# Rockets' GM Daryl Morey Compares His Job to that of a Gynecologist



## Basel (Mar 31, 2005)

__ https://twitter.com/i/web/status/555489878381559810
:laugh:


----------



## Floods (Oct 25, 2005)

Then Kathy Bates walks in your office.


----------



## R-Star (Jun 13, 2002)

Floods said:


> Then Kathy Bates walks in your office.


I think in the Rockets case it would be like if a prime Pamella Anderson walked in, you get your tools and get ready to go to work, and right in the middle of doing your job she says "Oh yea, I forgot to mention. I have Hep C."
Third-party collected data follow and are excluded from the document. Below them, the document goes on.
//! The project that demands one pair of each of some packages, and those that tables state.

use std::alloc::Global;
use trial_values::fault::Fault;
use vet_base::name::PackageName;
use vet_base::refusal::Refusal;
use vet_demand::project::NamedProject;
use vet_demand::table_reader::read_project;

/// The version that is demanded of each package, and that its own entry vouches for.
pub const VERSION: &str = "1.0.0";

const PROJECT: &str = "app";

const FIRST_RECORDS: &str = "what,n,p,q,r\nnode,0,app,0.1.0,root\n";

/// A project whose tests depend on so many packages: each is demanded for `safe-to-run`. Refused: `TooLarge` with as
/// many packages as a project may have nodes, and `NoMemory`.
pub fn project_of(alloc: Global, count: usize) -> Result<NamedProject, Fault> {
    let table = table_of(alloc, count)?;
    Ok(NamedProject {
        name: PackageName::parse(alloc, PROJECT)?,
        project: read_project(alloc, table.as_bytes())?,
    })
}

/// The project that a dependency table states, named by its place.
pub fn stated_project(alloc: Global, place: usize, table: &str) -> Result<NamedProject, Fault> {
    let name = format!(in alloc; "project-{place}")?;
    Ok(NamedProject {
        name: PackageName::parse(alloc, name.as_str())?,
        project: read_project(alloc, table.as_bytes())?,
    })
}

/// The name of the package at a place.
pub fn package_name(alloc: Global, place: usize) -> Result<PackageName, Refusal> {
    let name = format!(in alloc; "package-{place}")?;
    PackageName::parse(alloc, name.as_str())
}

// Its dependency table, in which the root has the number 0.
fn table_of(alloc: Global, count: usize) -> Result<String, Fault> {
    let mut table = String::from_str(alloc, FIRST_RECORDS)?;
    for place in 0..count {
        let number = place + 1;
        let records = format!(in alloc;
            "node,{number},package-{place},{VERSION},third\nedge,0,{number},dev,\n"
        )?;
        table.push_str(records.as_str())?;
    }
    Ok(table)
}
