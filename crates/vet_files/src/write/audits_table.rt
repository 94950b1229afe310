//! The table of an audits file.
ghost use Rattle.std.specs.Prelude.{◌≡◌, IfOk, OnOk};
ghost use Rattle.toml.specs.Data.{no_members, table};
ghost use Rattle.toml.specs.View.{table_view};
ghost use Rattle.vet_files.specs.AuditsTable.{audits_file_table, criterion_table};
ghost use Rattle.vet_files.specs.ReadAgain.{ReadsAudits, ReadsCriterion};

use crate::keys::{AUDITS, CRITERIA, TRUSTED, WILDCARD_AUDITS};
use crate::write::criteria_tables::criterion_table;
use crate::write::lists_by_package::package_lists;
use crate::write::members::{Member, WriteMember, write_members};
use crate::write::put::{put_unless_empty, put_value};
use crate::write::sections::Listing;
use std::alloc::{AllocError, Global};
use toml::{Table, Value};
use vet_base::criterion::Criterion;
use vet_base::package_names::PackageNames;
use vet_entries::entry::Entry;

/// Writes the criteria of a file, each at its name.
#[derive(Drop)]
struct WriteCriteria {}

impl WriteMember for WriteCriteria {
    type Item = Criterion;

    ghost name = { λ c. c.name };

    ghost written = { λ w c. table (criterion_table c) };

    ghost Reads = { λ w c. ReadsCriterion c };

    fn write(&self, alloc: Global, criterion: &Criterion) -> Result<Member, AllocError> {
        Ok(Member {
            name: String::from_str(alloc, criterion.name.as_str())?,
            value: Value::Table(criterion_table(alloc, criterion)?),
        })
    }
}

/// The table of an audits file of these criteria and entries, less the entries of excluded packages.
pub(crate) fn audits_file_table(
    alloc: Global,
    exclude: &PackageNames,
    criteria: &[Criterion],
    entries: &[Entry],
) -> Result<Table, AllocError>
    ensures table { IfOk result (λ t. table_view t ≡ audits_file_table exclude.now criteria.now entries.now) }
    ensures read { IfOk result (λ t. ReadsAudits exclude.now criteria.now entries.now) }
{
    let mut file = Table::new(alloc);
    fill_audits_file(alloc, &mut file, exclude, criteria, entries)?;
    Ok(file)
}

/// Puts these criteria and entries into the table of an audits file, less the entries of excluded packages.
fn fill_audits_file(
    alloc: Global,
    file: &mut Table,
    exclude: &PackageNames,
    criteria: &[Criterion],
    entries: &[Entry],
) -> Result<(), AllocError>
    requires { table_view file.old ≡ no_members }
    ensures table { OnOk result (table_view file.new ≡ audits_file_table exclude.now criteria.now entries.now) }
    ensures read { OnOk result (ReadsAudits exclude.now criteria.now entries.now) }
{
    let audits = package_lists(alloc, Listing::Audits, exclude, entries)?;
    put_value(alloc, file, AUDITS, Value::Table(audits))?;
    let criteria = write_members(alloc, &WriteCriteria {}, criteria)?;
    put_unless_empty(alloc, file, CRITERIA, criteria)?;
    let trusted = package_lists(alloc, Listing::Trusted, exclude, entries)?;
    put_unless_empty(alloc, file, TRUSTED, trusted)?;
    let wildcards = package_lists(alloc, Listing::WildcardAudits, exclude, entries)?;
    put_unless_empty(alloc, file, WILDCARD_AUDITS, wildcards)?;
    Ok(())
}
That's Dwight Howard. He's a hot chick with VD.


----------



## Bogg (May 4, 2009)

I mean, when you spend all day looking at Dwight Howard, it's a reasonable mistake to make.


----------



## Marcus13 (Jul 17, 2002)

Love it. The Rockets are so dislikeable and yet Morey is so likeable - weird combo


----------



## RollWithEm (Jul 16, 2002)

Marcus13 said:


> Love it. The Rockets are so dislikeable and yet Morey is so likeable - weird combo


I just can't see myself ever not liking a team coached by Kevin McHale.


----------